Fast news


ISTC rip-off

Private health firms ripped off the NHS in London by £22 million between 2007 and 2010. This sum equates to the cost of employing 600 nurses.

The scam, centred on Independent Sector Treatment Centres (ISTCs), was perfectly legal and involved ISTCs providing elective surgery – hip replacement, cataract operations, etc – and charging the NHS the full costs of the contracts irrespective of how many patients were actually treated.

This rip-off by private, run for profit, health care companies, is not new. Last year, the Socialist quoted a British Medical Journal report which estimated that in England “up to £927 million of the £1.5 billion [paid to ISTCs, may have been] for patients who did not receive treatment under the wave one ISTC contracts”.

Previous Labour governments had spearheaded this private health companies’ assault on the NHS, claiming that ISTCs helped bring down NHS waiting lists – while omitting the fact that their treatments have cost much more than ploughing the money directly into the NHS.

ISTCs ‘cherry-pick’ the easiest patients, leaving NHS Trusts to treat those more likely to suffer complications because they have other illnesses or need more complex surgery.

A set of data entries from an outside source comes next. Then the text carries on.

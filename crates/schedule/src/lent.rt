ghost use Rattle.std.specs.Prelude.{◌≡◌};
ghost use Rattle.schedule.specs.declared.schedule.Schedule.{Schedule as Days};

use crate::schedule::Schedule;

// What has a schedule, of its own or lent. The library's `AsRef` does not say what it lends.
pub trait AsSchedule {
    ghost schedule: { Self → Days };

    fn as_schedule(&self) -> &Schedule
        ensures { result.now ≡ schedule self.now };
}

impl AsSchedule for Schedule {
    ghost schedule = { λ s. s };

    fn as_schedule(&self) -> &Schedule {
        self
    }
}

impl AsSchedule for &Schedule {
    ghost schedule = { λ s. s.now };

    fn as_schedule(&self) -> &Schedule {
        *self
    }
}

Unsurprisingly, the current pro-big business Con-Dem government has shown no sign of scrapping these costly contracts.

Profit from failure

Global finance capital has only learned a partial lesson from what should have been the very chastening experience of the world economic crisis. The recent rise in ‘tail-risk’ funds suggests, at some level, that the crisis-ridden nature of their system is now understood.

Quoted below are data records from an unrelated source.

// Pages changed where they stand: a certificate put into a leaf or taken out, one entry of an inner page made two.
//
// Entries behind the new one move up, the entry is written, count and touched are set. Behind one that is taken out they
// move down, and the place that was the last one's becomes zero. Every other byte stays, those behind the last entry
// too, and so does every other page of the table.
//
// Below stand `fields`, numbers in bytes; `entries`, entries as runs of bytes; `head`, which says what an inner page's
// entry holds; and `rules`, whose `changed` or `removed` every contract here is an equation with.

#![tactic(auto)]

ghost use Rattle.std.specs.Prelude.{◌≡◌, ◌+◌, ◌*◌, ◌-◌, ◌≤◌, length, take, drop};
ghost use Rattle.std.proofs.lemmas.List.Edits.{sets};
ghost use Rattle.fields.specs.Field.{put_at};
ghost use Rattle.rules.specs.Layout.{page_size, common_header};
ghost use Rattle.rules.specs.Page.{view_in, page_in, change_bytes, shrink_bytes, touch};
ghost use Rattle.rules.specs.Table.{read};
ghost use Rattle.rules.specs.Insert.{new_child, put_cert, put_child, changed};
ghost use Rattle.rules.specs.Withdraw.{without_cert, removed};
ghost use Rattle.entries.specs.Spot.{new_cert};
ghost use Rattle.edit.specs.Takes.{TakesCert, HasCert, TakesChild, HasChild, TakesTwins, twins_of};

use entries::Entries;
use head::ChildEntry;
use rules::{AT_COUNT, AT_TOUCHED, CERT, PAGE};

// A half of a page that was split: its number, and the low of its range.
#[derive(Clone, Copy)]
pub struct Half {
    pub child: u16,
    pub low: u64,
}

impl Half {
    // Its entry, for a page born now.
    fn entry(self, previous: u16, c: u32) -> ChildEntry
        ensures { result ≡ record { key = self.low; child = self.child; previous = previous; birth = c } }
    {
        ChildEntry {
            key: self.low,
            child: self.child,
            previous,
            birth: c,
        }
    }
}

// A page that is changed now, with so many entries.
fn stamp(page: &mut [u8], count: u16, c: u32)
    requires { common_header ≤ length page.old }
    ensures { page.new ≡ put_at (put_at page.old 2 2 count) 12 4 c }
{
    fields::put16(page, AT_COUNT, count);
    fields::put32(page, AT_TOUCHED, c);
}

// The entries from a spot on move up by one place. Where that spot's entry was is handed back.
fn make_room(page: &mut [u8], entries: Entries, spot: usize) -> usize
    requires spot_in_bounds { spot ≤ entries.count }
    requires room { entries.header + entries.size * entries.count + entries.size ≤ length page.old }
    ensures place { result ≡ entries.header + entries.size * spot }
    ensures moved { page.new ≡ sets page.old (entries.header + entries.size * spot + entries.size)
        (take (entries.header + entries.size * entries.count - (entries.header + entries.size * spot))
        (drop (entries.header + entries.size * spot) page.old)) }
{
    let at = entries.at(spot);
    let end = entries.at(entries.count);
    entries::copy(page, at + entries.size, at, end - at);
    at
}

fn put_cert_in(page: &mut [u8], key: u64, value: u32, c: u32)
    requires page_len { length page.old ≡ page_size }
    requires takes_cert { TakesCert key (view_in page.old) }
    ensures { page.new ≡ change_bytes (touch c (put_cert (new_cert key value) (view_in page.old)) (page_in page.old)) page.old }
{
    let count = fields::get16(page, AT_COUNT);
    let certs = Entries::certs(count as usize);
    let spot = certs.spot(page, key);
    let at = make_room(page, certs, spot);
    entries::write_cert(page, at, key, value);
    stamp(page, count + 1, c);
}

// The certificate under a key gives up its place: it is the one before the key's spot.
fn remove_cert_in(page: &mut [u8], key: u64, c: u32)
    requires page_len { length page.old ≡ page_size }
    requires has_cert { HasCert key (view_in page.old) }
    ensures { page.new ≡ shrink_bytes (touch c (without_cert key (view_in page.old)) (page_in page.old)) page.old }
{
    let count = fields::get16(page, AT_COUNT);
    let certs = Entries::certs(count as usize);
    let spot = certs.spot(page, key);
    let at = certs.at(spot);
    let end = certs.at(certs.count);
    entries::copy(page, at - CERT, at, end - at);
    entries::clear(page, end - CERT, end);
    stamp(page, count - 1, c);
}

// It differs from `put_cert_in` in the two calls that name the entry: a trait with these two would be longer than both.
fn put_child_in(page: &mut [u8], entry: ChildEntry, c: u32)
    requires page_len { length page.old ≡ page_size }
    requires takes_child { TakesChild entry.key (view_in page.old) }
    ensures { page.new ≡ change_bytes
        (touch c (put_child (new_child entry.birth entry.key entry.child entry.previous) (view_in page.old)) (page_in page.old)) page.old }
{
    let count = fields::get16(page, AT_COUNT);
    let children = Entries::children(count as usize);
    let spot = children.spot(page, entry.key);
    let at = make_room(page, children, spot);
    entries::write_child(page, at, entry);
    stamp(page, count + 1, c);
}

// The entry under a key gives way to another.
fn set_child_in(page: &mut [u8], entry: ChildEntry, c: u32)
    requires page_len { length page.old ≡ page_size }
    requires has_child { HasChild entry.key (view_in page.old) }
    ensures { page.new ≡ change_bytes
        (touch c (put_child (new_child entry.birth entry.key entry.child entry.previous) (view_in page.old)) (page_in page.old)) page.old }
{
    let count = fields::get16(page, AT_COUNT);
    let children = Entries::children(count as usize);
    let past = children.spot(page, entry.key);
    entries::write_child(page, children.at(past - 1), entry);
    stamp(page, count, c);
}

fn put_twins_in(page: &mut [u8], lower: Half, upper: Half, previous: u16, c: u32)
    requires page_len { length page.old ≡ page_size }
    requires takes_twins { TakesTwins lower.low upper.low (view_in page.old) }
    ensures { page.new ≡ change_bytes
        (touch c (twins_of c lower.low lower.child upper.low upper.child previous (view_in page.old)) (page_in page.old)) page.old }
{
    set_child_in(page, lower.entry(previous, c), c);
    put_child_in(page, upper.entry(previous, c), c);
}

// The functions above change a page's own bytes, so that what is proved of them has no table around it; those below cut the
// page out of a table.

// A certificate is put into a leaf in key order.
pub fn put_cert(table: &mut [u8], i: usize, key: u64, value: u32, c: u32)
    requires page_size_in_bounds { (i + 1) * page_size ≤ length table.old }
    requires takes_cert { TakesCert key (read table.old i).view }
    ensures { table.new ≡ changed c (put_cert (new_cert key value)) table.old i }
{
    let a = i * PAGE;
    put_cert_in(&mut table[a..a + PAGE], key, value, c);
}

// A certificate is taken out of a leaf.
pub fn remove_cert(table: &mut [u8], i: usize, key: u64, c: u32)
    requires page_size_in_bounds { (i + 1) * page_size ≤ length table.old }
    requires has_cert { HasCert key (read table.old i).view }
    ensures { table.new ≡ removed c key table.old i }
{
    let a = i * PAGE;
    remove_cert_in(&mut table[a..a + PAGE], key, c);
}

// The entry of a split page becomes two, for its halves, which have one previous page.
pub fn put_twins(table: &mut [u8], i: usize, lower: Half, upper: Half, previous: u16, c: u32)
    requires page_size_in_bounds { (i + 1) * page_size ≤ length table.old }
    requires takes_twins { TakesTwins lower.low upper.low (read table.old i).view }
    ensures { table.new ≡ changed c (twins_of c lower.low lower.child upper.low upper.child previous) table.old i }
{
    let a = i * PAGE;
    put_twins_in(&mut table[a..a + PAGE], lower, upper, previous, c);
}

A ‘tail-risk’ is the danger of an investment losing significant value due to a largely unpredictable event (the sort of events that have so far characterised 2011). Staggeringly finance capital scents a profit to be made in this. Just one tail-risk fund – PIMCO – has $30 billion invested in it!

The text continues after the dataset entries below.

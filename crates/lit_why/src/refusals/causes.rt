//! The kinds of refusals of a complete part.

/// Why a byte that a read has from a source is not coherent.
#[derive(Clone, Copy, Debug, PartialEq, Eq)]
pub enum Incoherence {
    /// The read happens before the source.
    ReadFirst,
    /// The event with this number hides the source.
    HiddenBy(u8),
}

/// Why no valid execution has a part's paths and sources.
#[derive(Clone, Copy, Debug, PartialEq, Eq)]
pub enum Refusal {
    /// A guard of a path is false of the value read.
    FalseGuard {
        /// The agent, from 0.
        agent: usize,
        /// The guard's place on its path, from 0.
        place: usize,
    },
    /// An event happens before itself.
    BeforeItself {
        /// Its number.
        event: u8,
    },
    /// A byte is not coherent.
    Incoherent {
        /// The number of its read.
        read: u8,
        /// The byte, from the block's start.
        byte: u8,
        /// The number of its source.
        source: u8,
        /// Why it isn't.
        cause: Incoherence,
    },
    /// A read would be whole from two events.
    Torn {
        /// The number of the read.
        read: u8,
        /// The lesser number of the two.
        source: u8,
        /// The greater.
        other: u8,
    },
    /// There is no memory-order.
    NoOrder,
}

These tail-risk funds, that investors and speculators can pour their money into, act as a ‘hedge’ (or insurance) against losses arising from market shocks.

These funds buy-up a range of obscure financial instruments that in ‘normal’ market conditions would perform poorly, but if the market nosedives can give returns anywhere between 50% and 100% on the original investment. The perversity of capitalism and its drive for profit knows no bounds.

Ironically, these ‘investments’ will probably only fuel global instability. After all, it was the failure of capitalism to invest its capital in new production, instead chasing short-term profits through financial gimmicks that helped bring down the world economy in 2008. How is this any different?